All scoring data — crashes, violations, inspections — uses a rolling 24-month window from the most recent FMCSA data snapshot. As the window advances, older events naturally drop out and are replaced by more recent observations.

This approach ensures that every carrier's score reflects their current safety posture. A carrier that improves its practices will see those improvements reflected as older violations age out. Conversely, a carrier that deteriorates will see the impact within months, not years.

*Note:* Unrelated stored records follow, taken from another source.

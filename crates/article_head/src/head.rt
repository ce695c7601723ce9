// The head of a part's article.
ghost use Rattle.std.specs.Prelude.{◌≡◌, ◌≤◌, ◌+◌, ◌∷◌, ◌++◌, [], List, ℕ, length, take, OnOk, OnErr};
ghost use Rattle.article_head.specs.Field.{IsComment, IsFileName};
ghost use Rattle.article_head.specs.Head.{HasValidFields, lines_of_head, message_id_line, subject_line};

use crate::field::ROOM;
use crate::subject::put_subject;
use lists::{Lines, Memory};
use nntp_lines::MessageId;
use numbers::put;

/// What the head of a part's article says.
#[derive(Clone, Copy, Debug)]
pub struct Head<'a> {
    /// Who posts: 1 to 200 printable ASCII characters, with no space at either end (RFC 5536, 3.1.2).
    pub from: &'a [u8],
    /// Where to: 1 to 10 names of newsgroups with commas between them, at most 600 bytes (RFC 5536, 3.1.4).
    pub newsgroups: &'a [u8],
    /// What the subject begins with: 0 to 200 printable ASCII characters, with no space at either end.
    pub comment: &'a [u8],
    /// The name of the file: 1 to 255 printable ASCII characters, with no space at either end.
    pub name: &'a [u8],
    /// The number of the part, from 1.
    pub part: u32,
    /// How many parts the file has.
    pub total: u32,
    /// The message-id (RFC 5536, 3.1.3).
    pub id: &'a MessageId,
}

/// Appends the head of a part's article: the lines of its fields `From`, `Newsgroups`, `Subject` and `Message-ID`, and the
/// empty line behind them (RFC 5536, 2.2 and 3.1; the server adds `Date` and `Path`). Where memory runs out, the lines are
/// as they were.
pub fn write_head(head: &Head<'_>, out: &mut Lines) -> Result<(), Memory>
    requires { HasValidFields head.now }
    ensures ok { OnOk result (out.new ≡ out.old ++ lines_of_head head.now) }
    ensures err { OnErr result (out.new ≡ out.old) }
{
    let before = out.len();
    match append_head(head, out) {
        Ok(()) => Ok(()),
        Err(Memory) => {
            out.truncate(before);
            Err(Memory)
        }
    }
}

// The same, but it leaves the lines that it has appended where memory runs out.
fn append_head(head: &Head<'_>, out: &mut Lines) -> Result<(), Memory>
    requires { HasValidFields head.now }
    ensures ok { OnOk result (out.new ≡ out.old ++ lines_of_head head.now) }
    ensures err { OnErr result ((more : List (List ℕ)) × (out.new ≡ out.old ++ more)) }
{
    push_field(b"From: ", head.from, out)?;
    push_field(b"Newsgroups: ", head.newsgroups, out)?;
    push_subject(head, out)?;
    push_id(head.id, out)?;
    out.push(b"")
}

// Appends the line of a field: its name with the colon and the space behind it, and what it says.
fn push_field(name: &[u8], body: &[u8], out: &mut Lines) -> Result<(), Memory>
    requires { length name.now + length body.now ≤ 998 }
    ensures ok { OnOk result (out.new ≡ out.old ++ (name.now ++ body.now) ∷ []) }
    ensures err { OnErr result (out.new ≡ out.old) }
{
    let mut line = [0; ROOM];
    let at = put(&mut line, 0, name);
    let len = put(&mut line, at, body);
    out.push(&line[..len])
}

fn push_subject(head: &Head<'_>, out: &mut Lines) -> Result<(), Memory>
    requires comment { IsComment head.now.comment.now }
    requires name { IsFileName head.now.name.now }
    ensures ok { OnOk result (out.new ≡ out.old ++ subject_line head.now.comment.now head.now.name.now head.now.part head.now.total ∷ []) }
    ensures err { OnErr result (out.new ≡ out.old) }
{
    let mut line = [0; ROOM];
    let at = put(&mut line, 0, b"Subject: ");
    let len = put_subject(
        &mut line,
        at,
        head.comment,
        head.name,
        head.part,
        head.total,
    );
    out.push(&line[..len])
}

fn push_id(id: &MessageId, out: &mut Lines) -> Result<(), Memory>
    ensures ok { OnOk result (out.new ≡ out.old ++ message_id_line id.now ∷ []) }
    ensures err { OnErr result (out.new ≡ out.old) }
{
    let mut line = [0; ROOM];
    let len = put_id(&mut line, id);
    out.push(&line[..len])
}

// Puts the line of the message-id.
fn put_id(line: &mut [u8; ROOM], id: &MessageId) -> usize
    ensures text { take result line.new ≡ message_id_line id.now }
    ensures room { result ≤ 998 }
{
    let at = put(line, 0, b"Message-ID: <");
    let at = put(line, at, id.as_slice());
    put(line, at, b">")
}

All four scoring components — crash rate, behavioral violations, equipment defects, and critical/severe violations — are measured over the same 24-month window, then compared against the carrier's peer group using Empirical Bayes shrinkage. The peer index is computed directly from these rolling-window rates; no additional time adjustments are applied.

Automatic Rules & Flags

Hard overrides, eligibility gates, and informational flags

Beyond the statistical model, a set of deterministic rules handle edge cases where the math alone isn't sufficient. These fall into three categories: score overrides, data-quality adjustments, and informational flags.

Score Overrides

These rules supersede the calculated score entirely:

1
FMCSA Adverse Safety Rating

If a carrier holds a Conditional (C) or Unsatisfactory (U) FMCSA safety rating, the combined score is forced to 0 and the grade is set to Critical, regardless of the calculated peer index.

2
Defunct Interstate Carrier

If a carrier has interstate-only scope, no active operating authority, and is not exempt — all FRED scores are set to NULL (no score produced).

Eligibility Gates

These block FRED scoring entirely when data is insufficient or implausible:

3
Insufficient Exposure

Fewer than 100k miles and zero inspections in the 24-month window. Not enough data to estimate a rate.

4
Mileage Outlier

Reported mileage is implausible: >300k miles per truck, <1k miles per truck for fleets ≥10, or >500M total miles. Scoring is blocked to prevent extreme rates.

5
Unverifiable High Mileage

Reports >300k miles per truck and has fewer than 2 inspections — high mileage can't be corroborated by inspection activity.

Data Quality Adjustments

Modifications to component scores when data quality is degraded:

6
Unreliable Mileage

When mileage is missing or implausible but the carrier has observed activity (inspections, crashes, or violations), the crash and violation rate components are excluded from the composite score.

7
Exposure Floor

Calculated exposure is floored at 50k miles (0.5 units) to prevent extremely volatile rates from tiny denominators.

Informational Flags

These flags are attached to carrier records for context but do not directly alter the score:

NO_OPERATING_AUTHORITY — docket revoked or inactive
LOW_RELIABILITY — fewer than 5 inspections
INSPECTION_PER_PU_OUTLIER — inspection rate outside 1st–99th percentile
GOVERNMENT_ENTITY — federal, state, or local government carrier
HHG_ONLY — exclusively hauls household goods
MEXICAN_CARRIER — domiciled in Mexico
CANADIAN_CARRIER — domiciled in Canada

Validation Standards

How we know it works

Before any score update goes live, we run a battery of fairness and calibration checks. If any gate fails, the update is held until the issue is resolved.

Size-Band O/E

Observed-over-Expected ratio must stay within 0.98 – 1.02 for each size band.

Size x Group O/E

Cross-tab of size band and safety group must stay within 0.90 – 1.10.

Monotonicity

Observed crash rates must rise from Excellent to Critical within every size band.

All scoring and calibration is performed by the reproducible pipeline fred_postgres_v4.py.